**Data for review:**
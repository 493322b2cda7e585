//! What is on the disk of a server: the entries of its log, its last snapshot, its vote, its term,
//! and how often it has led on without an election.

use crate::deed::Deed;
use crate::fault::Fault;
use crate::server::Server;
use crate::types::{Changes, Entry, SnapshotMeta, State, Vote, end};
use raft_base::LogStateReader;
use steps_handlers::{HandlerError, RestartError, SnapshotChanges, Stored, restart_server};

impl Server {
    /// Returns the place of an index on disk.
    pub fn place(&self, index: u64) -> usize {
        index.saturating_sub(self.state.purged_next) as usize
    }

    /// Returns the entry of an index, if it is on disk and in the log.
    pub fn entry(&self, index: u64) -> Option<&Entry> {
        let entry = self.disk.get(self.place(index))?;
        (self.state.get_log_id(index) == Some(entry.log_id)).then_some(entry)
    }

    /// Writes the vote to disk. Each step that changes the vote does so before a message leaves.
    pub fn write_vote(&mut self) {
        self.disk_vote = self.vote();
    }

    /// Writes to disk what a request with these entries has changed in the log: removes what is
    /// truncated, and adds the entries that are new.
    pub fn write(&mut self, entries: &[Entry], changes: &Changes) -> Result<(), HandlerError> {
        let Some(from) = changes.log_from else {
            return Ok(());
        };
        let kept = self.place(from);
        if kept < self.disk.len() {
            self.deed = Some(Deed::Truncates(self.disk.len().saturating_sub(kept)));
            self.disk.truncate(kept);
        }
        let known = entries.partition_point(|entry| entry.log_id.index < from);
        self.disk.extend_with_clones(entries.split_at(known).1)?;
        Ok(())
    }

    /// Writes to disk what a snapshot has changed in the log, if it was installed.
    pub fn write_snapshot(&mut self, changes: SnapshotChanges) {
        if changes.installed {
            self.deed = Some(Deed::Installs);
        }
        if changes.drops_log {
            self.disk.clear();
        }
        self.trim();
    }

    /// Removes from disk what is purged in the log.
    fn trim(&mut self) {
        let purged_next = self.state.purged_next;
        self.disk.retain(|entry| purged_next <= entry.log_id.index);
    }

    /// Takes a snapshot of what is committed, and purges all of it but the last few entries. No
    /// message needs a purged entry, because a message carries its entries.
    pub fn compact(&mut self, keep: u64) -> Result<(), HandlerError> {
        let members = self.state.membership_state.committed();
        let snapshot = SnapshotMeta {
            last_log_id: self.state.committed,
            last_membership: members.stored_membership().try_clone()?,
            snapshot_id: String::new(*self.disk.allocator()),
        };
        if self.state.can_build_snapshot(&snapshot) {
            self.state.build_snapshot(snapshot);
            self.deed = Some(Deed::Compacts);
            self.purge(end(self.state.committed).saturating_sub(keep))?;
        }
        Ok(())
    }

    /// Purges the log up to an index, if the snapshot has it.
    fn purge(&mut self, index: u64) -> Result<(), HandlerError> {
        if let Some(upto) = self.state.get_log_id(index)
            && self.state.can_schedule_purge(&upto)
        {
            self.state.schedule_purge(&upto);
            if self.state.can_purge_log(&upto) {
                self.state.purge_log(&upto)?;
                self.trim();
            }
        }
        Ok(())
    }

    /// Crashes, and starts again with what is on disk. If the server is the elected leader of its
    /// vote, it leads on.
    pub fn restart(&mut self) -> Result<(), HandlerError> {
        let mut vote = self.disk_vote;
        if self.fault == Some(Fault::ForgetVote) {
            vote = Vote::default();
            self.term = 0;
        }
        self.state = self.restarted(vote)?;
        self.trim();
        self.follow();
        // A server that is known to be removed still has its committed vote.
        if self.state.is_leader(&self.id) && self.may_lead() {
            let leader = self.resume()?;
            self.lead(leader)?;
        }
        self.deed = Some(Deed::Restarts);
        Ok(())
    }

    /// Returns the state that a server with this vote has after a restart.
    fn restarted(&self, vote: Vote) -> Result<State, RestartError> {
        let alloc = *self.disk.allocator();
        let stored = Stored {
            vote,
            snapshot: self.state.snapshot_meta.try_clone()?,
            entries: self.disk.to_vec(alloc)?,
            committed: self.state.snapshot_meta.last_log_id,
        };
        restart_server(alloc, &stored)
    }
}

* * *

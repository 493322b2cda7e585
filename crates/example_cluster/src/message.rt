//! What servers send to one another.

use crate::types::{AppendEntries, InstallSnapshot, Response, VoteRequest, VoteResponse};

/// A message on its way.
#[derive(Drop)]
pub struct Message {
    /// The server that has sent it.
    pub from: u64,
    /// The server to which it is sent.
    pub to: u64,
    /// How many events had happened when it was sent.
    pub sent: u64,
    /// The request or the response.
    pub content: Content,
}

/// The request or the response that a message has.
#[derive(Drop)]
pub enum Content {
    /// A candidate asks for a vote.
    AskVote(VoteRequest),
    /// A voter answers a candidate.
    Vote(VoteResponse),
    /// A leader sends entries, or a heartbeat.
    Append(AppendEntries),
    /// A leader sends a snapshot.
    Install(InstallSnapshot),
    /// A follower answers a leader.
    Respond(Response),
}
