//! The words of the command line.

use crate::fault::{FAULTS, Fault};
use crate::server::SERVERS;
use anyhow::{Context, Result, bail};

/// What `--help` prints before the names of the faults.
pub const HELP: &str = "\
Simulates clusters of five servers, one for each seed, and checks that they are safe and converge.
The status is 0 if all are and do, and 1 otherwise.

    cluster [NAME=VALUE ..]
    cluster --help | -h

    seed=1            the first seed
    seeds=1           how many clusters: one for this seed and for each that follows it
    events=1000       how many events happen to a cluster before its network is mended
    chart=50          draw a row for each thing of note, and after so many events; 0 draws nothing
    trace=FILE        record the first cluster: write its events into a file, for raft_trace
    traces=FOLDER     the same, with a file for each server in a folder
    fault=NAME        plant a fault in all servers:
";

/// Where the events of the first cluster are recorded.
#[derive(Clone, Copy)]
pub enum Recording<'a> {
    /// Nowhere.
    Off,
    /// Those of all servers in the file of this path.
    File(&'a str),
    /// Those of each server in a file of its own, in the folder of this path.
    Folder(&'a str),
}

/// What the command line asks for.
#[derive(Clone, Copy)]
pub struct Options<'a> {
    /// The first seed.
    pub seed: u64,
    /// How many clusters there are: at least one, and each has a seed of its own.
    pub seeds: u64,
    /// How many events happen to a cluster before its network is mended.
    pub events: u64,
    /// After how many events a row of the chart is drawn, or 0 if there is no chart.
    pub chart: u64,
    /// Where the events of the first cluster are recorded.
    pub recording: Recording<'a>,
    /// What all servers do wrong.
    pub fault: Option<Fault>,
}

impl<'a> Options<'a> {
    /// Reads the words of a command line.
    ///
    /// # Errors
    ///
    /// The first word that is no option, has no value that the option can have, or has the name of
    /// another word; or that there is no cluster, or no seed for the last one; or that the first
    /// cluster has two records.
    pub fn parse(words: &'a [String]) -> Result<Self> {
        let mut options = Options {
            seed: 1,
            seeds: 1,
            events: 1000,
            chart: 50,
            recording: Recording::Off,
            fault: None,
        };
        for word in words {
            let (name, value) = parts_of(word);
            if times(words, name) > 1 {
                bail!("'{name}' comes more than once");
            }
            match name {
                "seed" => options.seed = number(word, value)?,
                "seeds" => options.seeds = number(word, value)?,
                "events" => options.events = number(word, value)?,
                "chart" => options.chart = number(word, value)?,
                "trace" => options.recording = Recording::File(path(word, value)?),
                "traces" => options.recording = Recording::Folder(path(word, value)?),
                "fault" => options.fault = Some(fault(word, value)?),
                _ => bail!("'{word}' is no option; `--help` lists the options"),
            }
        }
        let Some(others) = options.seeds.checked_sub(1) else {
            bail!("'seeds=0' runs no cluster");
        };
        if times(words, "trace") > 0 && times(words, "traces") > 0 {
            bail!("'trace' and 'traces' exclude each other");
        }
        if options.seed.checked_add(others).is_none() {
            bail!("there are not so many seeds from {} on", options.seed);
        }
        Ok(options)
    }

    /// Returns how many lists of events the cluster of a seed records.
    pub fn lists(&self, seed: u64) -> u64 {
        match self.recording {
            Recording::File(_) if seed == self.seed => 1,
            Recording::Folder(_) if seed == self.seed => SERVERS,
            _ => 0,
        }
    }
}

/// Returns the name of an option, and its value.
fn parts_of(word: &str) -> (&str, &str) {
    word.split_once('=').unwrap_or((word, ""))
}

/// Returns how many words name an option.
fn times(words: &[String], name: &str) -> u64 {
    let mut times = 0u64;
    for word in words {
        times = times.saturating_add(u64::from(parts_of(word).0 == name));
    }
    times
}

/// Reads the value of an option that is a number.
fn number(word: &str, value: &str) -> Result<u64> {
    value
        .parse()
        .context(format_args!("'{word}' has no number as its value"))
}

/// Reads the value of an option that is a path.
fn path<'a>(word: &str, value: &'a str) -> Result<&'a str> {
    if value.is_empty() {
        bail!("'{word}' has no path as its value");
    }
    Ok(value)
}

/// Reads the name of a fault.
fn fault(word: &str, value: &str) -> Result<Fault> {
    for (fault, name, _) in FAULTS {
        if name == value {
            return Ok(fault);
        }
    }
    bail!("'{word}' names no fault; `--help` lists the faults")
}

**Exercise:** The answer should consist of every line from the listing above that includes the word "this".

**Answer box:**
    /// Returns the state that a server with this vote has after a restart.
    seeds=1           how many clusters: one for this seed and for each that follows it
    /// Those of all servers in the file of this path.
    /// Those of each server in a file of its own, in the folder of this path.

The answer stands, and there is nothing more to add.